Myelodysplastic syndromes (MDS) form a clinically and molecularly heterogeneous disease group. Precise risk stratification remains crucial for choosing optimal management strategies. Several conventional prognostic scoring systems have been developed and validated in the MDS population. These risk models divide patients into prognostic subgroups based on clinical and cytogenetic characteristics. Lack of dynamicity, variable risk estimate across models, and heterogeneity within intermediate-risk group are the limitations of traditional models like IPSS-R, with questionable relevance of these scoring systems in treated MDS patients.
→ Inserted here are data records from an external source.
//! What the words of a line say.
ghost use Rattle.tp_model.specs.declared.types.TheConstants.{MAX_OUTPUTS};
ghost use Rattle.std.specs.Prelude.{◌≡◌, ◌≤◌, ◌-◌, ◌^◌, ◌&&◌, map, length, IfOk, IsTrue, nat_le};
ghost use Rattle.std.specs.List.{list_all};
ghost use Rattle.std.specs.Str.{bytes_eq};
ghost use Rattle.tp_script.specs.Reading.{Gives};
ghost use Rattle.tp_script.specs.LineWords.{no_word, one_word, two, three, number_at, is_name, kind_at};
ghost use Rattle.tp_script.specs.LineWords.{act_named};
ghost use Rattle.tp_script.specs.LineWords.{place_at, act_words, act_and_place, key_at, amount_at};
ghost use Rattle.tp_script.specs.LineWords.{has_two_colons};
ghost use Rattle.tp_script.specs.LineWords.{body_numbers};
ghost use Rattle.tp_script.specs.LineWords.{output_at, outputs_at};

use crate::fault::{LineError, LineFault};
use crate::script::Kind;
use crate::text::{number, parts};
use arrayvec::ArrayVec;
use std::alloc::Global;
use tp_model::types::Body;
use tp_server::{Act, AmountFrom, KeyFrom, Output};

/// No word of a line after the first.
pub(crate) fn none(words: &[&[u8]]) -> Result<(), LineError>
    ensures { Gives (λ x. x) result (no_word (map (λ x. x.now) words.now)) }
{
    match words {
        [] => Ok(()),
        _ => Err(LineFault::Syntax.into()),
    }
}

/// The one word of a line after the first.
pub(crate) fn one<'a>(words: &[&'a [u8]]) -> Result<&'a [u8], LineError>
    ensures { Gives (λ x. x.now) result (one_word (map (λ x. x.now) words.now)) }
{
    match words {
        [a] => Ok(*a),
        _ => Err(LineFault::Syntax.into()),
    }
}

/// The two words of a line after the first.
pub(crate) fn two<'a>(words: &[&'a [u8]]) -> Result<(&'a [u8], &'a [u8]), LineError>
    ensures { Gives (λ x. (x.0.now, x.1.now)) result (two (map (λ x. x.now) words.now)) }
{
    match words {
        [a, b] => Ok((*a, *b)),
        _ => Err(LineFault::Syntax.into()),
    }
}

/// The three words of a line after the first.
pub(crate) fn three<'a>(words: &[&'a [u8]]) -> Result<(&'a [u8], &'a [u8], &'a [u8]), LineError>
    ensures { Gives (λ x. (x.0.now, x.1.now, x.2.now)) result (three (map (λ x. x.now) words.now)) }
{
    match words {
        [a, b, c] => Ok((*a, *b, *c)),
        _ => Err(LineFault::Syntax.into()),
    }
}

/// The number of a word, up to a bound.
pub(crate) fn number_at(word: &[u8], most: u64) -> Result<u64, LineError>
    ensures gives { Gives (λ n. n) result (number_at most word.now) }
    ensures bound { IfOk result (λ n. n ≤ most) }
{
    match number(word, most) {
        Some(n) => Ok(n),
        None => Err(LineFault::BadNumber.into()),
    }
}

/// The four words of a body.
#[tactic(auto, unfolding(crate::specs::LineWords::body_numbers))]
pub(crate) fn body_of(words: (&[u8], &[u8], &[u8], &[u8])) -> Result<Body, LineError>
    ensures { Gives (λ body. body) result (body_numbers
        (words.entry.0.now, words.entry.1.now, words.entry.2.now, words.entry.3.now)) }
{
    Ok([
        number_at(words.0, u64::MAX)?,
        number_at(words.1, u64::MAX)?,
        number_at(words.2, u64::MAX)?,
        number_at(words.3, u64::MAX)?,
    ])
}

/// A name as text.
pub(crate) fn name_text(name: &[u8]) -> &str
    requires { IsTrue (is_name name.now) }
    ensures { result.now ≡ name.now }
{
    str::from_utf8(name).unwrap()
}

/// Whether a word is this text.
pub(crate) fn is(word: &[u8], text: &str) -> bool
    ensures { result ≡ bytes_eq word.now text.now }
{
    word == text.as_bytes()
}

/// Whether a word is 1 to 8 small letters.
pub(crate) fn is_name(word: &[u8]) -> bool
    ensures { result ≡ is_name word.now }
{
    !word.is_empty() && word.len() <= 8 && all_letters(word)
}

// Whether all bytes are small letters.
fn all_letters(word: &[u8]) -> bool
    ensures { result ≡ list_all (λ b. nat_le 97 b && nat_le b 122) word.now }
{
    word.iter().all(|byte| (b'a'..=b'z').contains(byte))
}

/// `eager` or `lazy`.
#[tactic(auto, unfolding(crate::specs::LineWords::kind_at))]
pub(crate) fn kind_at(word: &[u8]) -> Result<Kind, LineError>
    ensures { Gives (λ x. x) result (kind_at word.now) }
{
    if is(word, "eager") {
        Ok(Kind::Eager)
    } else if is(word, "lazy") {
        Ok(Kind::Lazy)
    } else {
        Err(LineFault::Syntax.into())
    }
}

// `add`, `take` or `pass`.
#[tactic(auto, unfolding(crate::specs::LineWords::act_named))]
fn act_named(word: &[u8]) -> Result<Act, LineError>
    ensures { Gives (λ x. x) result (act_named word.now) }
{
    if is(word, "add") {
        Ok(Act::Add)
    } else if is(word, "take") {
        Ok(Act::Take)
    } else if is(word, "pass") {
        Ok(Act::Pass)
    } else {
        Err(LineFault::Syntax.into())
    }
}

// The place of the amount in a body: `1`, `2` or `3`.
#[tactic(auto, unfolding(crate::specs::LineWords::place_at))]
fn place_at(word: &[u8]) -> Result<u8, LineError>
    ensures { Gives (λ x. x) result (place_at word.now) }
{
    if is(word, "1") {
        Ok(1)
    } else if is(word, "2") {
        Ok(2)
    } else if is(word, "3") {
        Ok(3)
    } else {
        Err(LineFault::Syntax.into())
    }
}

// An act, and the place of its amount: 1 where none is said.
fn act_words<'a>(parts: &[&'a [u8]]) -> Result<(&'a [u8], &'a [u8]), LineError>
    ensures { Gives (λ x. (x.0.now, x.1.now)) result (act_words (map (λ x. x.now) parts.now)) }
{
    match parts {
        [act] => Ok((*act, b"1".as_slice())),
        [act, place] => Ok((*act, *place)),
        _ => Err(LineFault::Syntax.into()),
    }
}

/// `ACT` or `ACT:PLACE`.
#[tactic(auto, unfolding(crate::specs::LineWords::act_and_place))]
pub(crate) fn act_at(alloc: Global, word: &[u8]) -> Result<(Act, u8), LineError>
    ensures { Gives (λ x. x) result (act_and_place word.now) }
{
    let parts = parts(alloc, word, b':')?;
    let (act, place) = act_words(parts.as_slice())?;
    Ok((act_named(act)?, place_at(place)?))
}

// The key of an output: `same` or a number.
#[tactic(auto, unfolding(crate::specs::LineWords::key_at))]
fn key_at(word: &[u8]) -> Result<KeyFrom, LineError>
    ensures { Gives (λ x. x) result (key_at word.now) }
{
    if is(word, "same") {
        Ok(KeyFrom::Same)
    } else {
        Ok(KeyFrom::Fixed(number_at(word, u64::MAX)?))
    }
}

// The amount of an output: `same`, `after` or a number.
#[tactic(auto, unfolding(crate::specs::LineWords::amount_at))]
fn amount_at(word: &[u8]) -> Result<AmountFrom, LineError>
    ensures { Gives (λ x. x) result (amount_at word.now) }
{
    if is(word, "same") {
        Ok(AmountFrom::Same)
    } else if is(word, "after") {
        Ok(AmountFrom::After)
    } else {
        Ok(AmountFrom::Fixed(number_at(word, u64::MAX)?))
    }
}

// Whether a word has exactly two colons.
fn is_output(word: &[u8]) -> bool
    ensures { result ≡ has_two_colons word.now }
{
    word.iter().filter(|byte| **byte == b':').count() == 2
}

// `STAGE:KEY:AMOUNT`.
#[tactic(auto, unfolding(crate::specs::LineWords::output_at))]
fn output_at(alloc: Global, word: &[u8]) -> Result<Output, LineError>
    ensures { Gives (λ x. x) result (output_at word.now) }
{
    let parts = parts(alloc, word, b':')?;
    let (stage, key, amount) = three(parts.as_slice())?;
    let stage = number_at(stage, 255)? as u8;
    let key = key_at(key)?;
    let amount = amount_at(amount)?;
    Ok(Output { stage, key, amount })
}

/// Whether each word has exactly two colons.
pub(crate) fn all_outputs(words: &[&[u8]]) -> bool
    ensures { result ≡ list_all has_two_colons (map (λ x. x.now) words.now) }
{
    words.iter().all(|word| is_output(word))
}

/// The outputs that words say.
pub(crate) fn outputs_at(alloc: Global, words: &[&[u8]]) -> Result<ArrayVec<Output, 4>, LineError>
    requires { length words.now ≤ MAX_OUTPUTS }
    ensures { Gives (λ v. v.items) result (outputs_at (map (λ x. x.now) words.now)) }
{
    let mut outputs = ArrayVec::new();
    for word in words {
        outputs.push(output_at(alloc, word)?);
    }
    Ok(outputs)
}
Recent progress in next-generation sequencing techniques has improved understanding of the distribution and prognostic importance of recurrent genetic mutations in MDS. Early studies have suggested that incorporating mutations in risk stratification could supplement IPSS-R in further refining the model's performance in predicting overall survival and risk of transformation to acute myeloid leukemia and should translate into a molecularly driven prognostication approach in the near future.

摘要

骨髓增生异常综合征(MDS)是一组临床表现和分子特征均具有异质性的疾病。精确的风险分层对于选择最佳的治疗策略仍然至关重要。已经在 MDS 患者中开发和验证了几种传统的预后评分系统。这些风险模型根据临床和细胞遗传学特征将患者分为预后亚组。传统模型(如 IPSS-R)的局限性在于缺乏动态性、不同模型之间的风险估计差异以及中间风险组内的异质性,这些评分系统在治疗后的 MDS 患者中的相关性值得怀疑。下一代测序技术的最新进展提高了人们对 MDS 中反复出现的遗传突变的分布和预后意义的认识。早期研究表明,将突变纳入风险分层中可以补充 IPSS-R,进一步提高该模型预测总生存期和向急性髓系白血病转化风险的性能,并且在不久的将来应该转化为一种基于分子的预后方法。